> [What is expected]: Only the lines from the one containing "if goes(by, text, attachment)" through the end of the data below should be copied, each exactly as written and with both ends kept.

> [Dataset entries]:
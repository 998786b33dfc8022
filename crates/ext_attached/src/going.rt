// Which attachments go.
ghost use Rattle.std.specs.Prelude.{◌≡◌, IfOk};
ghost use Rattle.std.specs.List.{flat_map, list_any};
ghost use Rattle.ext_attached.specs.Going.{compared, goes, gone, staying};

use ext_host::{Attachment, Attachments, Listed};
use ext_text::{OutOfMemory, Paths};
use ext_units::first_part;
use ext_updated::append_copies;
use std::alloc::Global;

// What of the name of an attachment is compared.
#[derive(Clone, Copy, PartialEq, Eq)]
pub enum By {
    // All of it.
    Name,
    // What stands before its first `_`.
    FirstPart,
}

// What is compared of a name.
fn compared(by: By, name: &[u8]) -> &[u8]
    ensures { result.now ≡ compared by name.now }
{
    match by {
        By::Name => name,
        By::FirstPart => first_part(name),
    }
}

// Whether the attachment goes.
fn goes(by: By, text: &[u8], attachment: &Attachment) -> bool
    ensures { result ≡ goes by text.now attachment.now }
{
    compared(by, attachment.name.bytes()).cmp(text).is_eq()
}

// Whether some attachment goes.
pub(crate) fn some_goes(by: By, text: &[u8], attached: &[Attachment]) -> bool
    ensures { result ≡ list_any (goes by text.now) attached.now }
{
    attached.iter().any(|attachment| goes(by, text, attachment))
}

// The attachments that stay, copied.
pub(crate) fn staying(
    alloc: Global,
    by: By,
    text: &[u8],
    attached: &[Attachment],
) -> Result<Attachments, OutOfMemory>
    ensures { IfOk result (λ rest. rest ≡ staying by text.now attached.now) }
{
    let mut rest = Vec::new(alloc);
    'attachments: for attachment in attached {
        if !goes(by, text, attachment) {
            rest.push(attachment.copy_into(alloc)?)?;
        }
    }
    Ok(Attachments::from_vec(rest))
}

// The paths that the attachments that go added.
pub(crate) fn paths_of_gone(
    alloc: Global,
    by: By,
    text: &[u8],
    attached: &[Attachment],
) -> Result<Paths, OutOfMemory>
    ensures { IfOk result (λ paths. paths ≡ flat_map (λ attachment. attachment.added) (gone by text.now attached.now)) }
{
    let mut paths = Vec::new(alloc);
    'attachments: for attachment in attached {
        if goes(by, text, attachment) {
            append_copies(&mut paths, attachment.added.as_slice())?;
        }
    }
    Ok(Paths::from_vec(paths))
}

> [Answer box]:
        if goes(by, text, attachment) {
            append_copies(&mut paths, attachment.added.as_slice())?;
        }
    }
    Ok(Paths::from_vec(paths))
}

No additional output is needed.